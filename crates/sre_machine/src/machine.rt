//! The machine: one step of a backtracking run over the bytecode, without recursion.
//!
//! It rests on two facts: the text is lawful, and the bytecode has a tree. So it has no test for malformed bytecode.
//! The contract of each opcode's function says that the accepted outcomes of the run stay the same, with one step less.
//! Choices wait on the backtrack stack. A choice that is known to fail is not pushed.

ghost use Rattle.std.specs.Prelude.{◌≡◌, ℕ, ◌+◌, ◌^◌, ◌<◌, IfOk, MatchOption, true, nat_le};
ghost use Rattle.sre_machine.specs.Terms.{BoardValue, Instruction, Longer, Point, IsBack, Chooses, begins_test, Test};
ghost use Rattle.sre_machine.specs.Terms.{run_of, OpcodeAt, TestAt, Standing, TestStandsAt, test_takes, role};
ghost use Rattle.sre_model.specs.Roles.{ToRefer};
ghost use Rattle.sre_machine.specs.Memos.{RecallsOf};
ghost use Rattle.sre_machine.specs.Turns.{At, AtPoint, AtOnBoard, Turn, TurnAt, DemandedAt, RefusesAt, Retreats};
ghost use Rattle.sre_machine.specs.Turns.{Finishes};

use crate::branches::{alternatives, branch};
use crate::character_repeats::{
    longer, min_repeat_one, possessive_repeat_one, repeat_one, shorter_saved,
};
use crate::long_repeats::later_run;
use crate::loops::{max_until, min_until, repeat};
use crate::memo::Memo;
use crate::scopes::{assert, assert_not, atomic_group, possessive_repeat, without_outcome};
use crate::trying::keep;
use sre_board::{Board, LOOK_SPEED};
use sre_chars::constants::{SreAtCode, SreOpcode};
use sre_chars::string::{StrDrive, StringCursor};
use sre_growth::Refusal;
use sre_request::Request;
use sre_request::one_character::{takes, takes_seldom, test_end};
use sre_request::position::holds_at;
use sre_request::references::is_repeated;
use sre_request::text::{cursor_at, read};
use sre_request::words::{operand, word};
use sre_turns::{Next, Point};
use std::alloc::Allocator;
use std::convert::TryFrom;

// The opcode at the machine's address.
#[inline(always)]
pub(super) fn opcode<S: StrDrive>(
    req: &Request<'_, S>,
    place: usize,
    cursor: StringCursor,
) -> SreOpcode
    requires { At req.now place cursor }
    ensures code { OpcodeAt req.now place result }
    ensures room { place + 2 ^ 33 < 2 ^ 64 }
{
    match SreOpcode::try_from(word(req, place)) {
        Ok(opcode) => opcode,
        Err(_) => unreachable!(),
    }
}

// Whether the test at an address takes a character. The test is out of line if it is rare.
#[inline(always)]
fn takes_either<S: StrDrive, const SELDOM: bool>(
    req: &Request<'_, S>,
    place: usize,
    opcode: SreOpcode,
    character: u32,
) -> bool
    requires code { OpcodeAt req.now place opcode }
    requires stands { TestAt req.now place }
    ensures { (j : ℕ) (t : Test) → TestStandsAt req.now place j t
        → result ≡ test_takes req.now t character }
{
    if SELDOM {
        takes_seldom(req, place, opcode, character)
    } else {
        takes(req, place, opcode, character)
    }
}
━━━━━━━━━━━━━━━━━━━━━━━━━━━━━━
## WHAT TO DO:
Look through the listing and return each line containing the word "TestAt".

## TASK RESULT:
ghost use Rattle.sre_machine.specs.Terms.{run_of, OpcodeAt, TestAt, Standing, TestStandsAt, test_takes, role};
    requires stands { TestAt req.now place }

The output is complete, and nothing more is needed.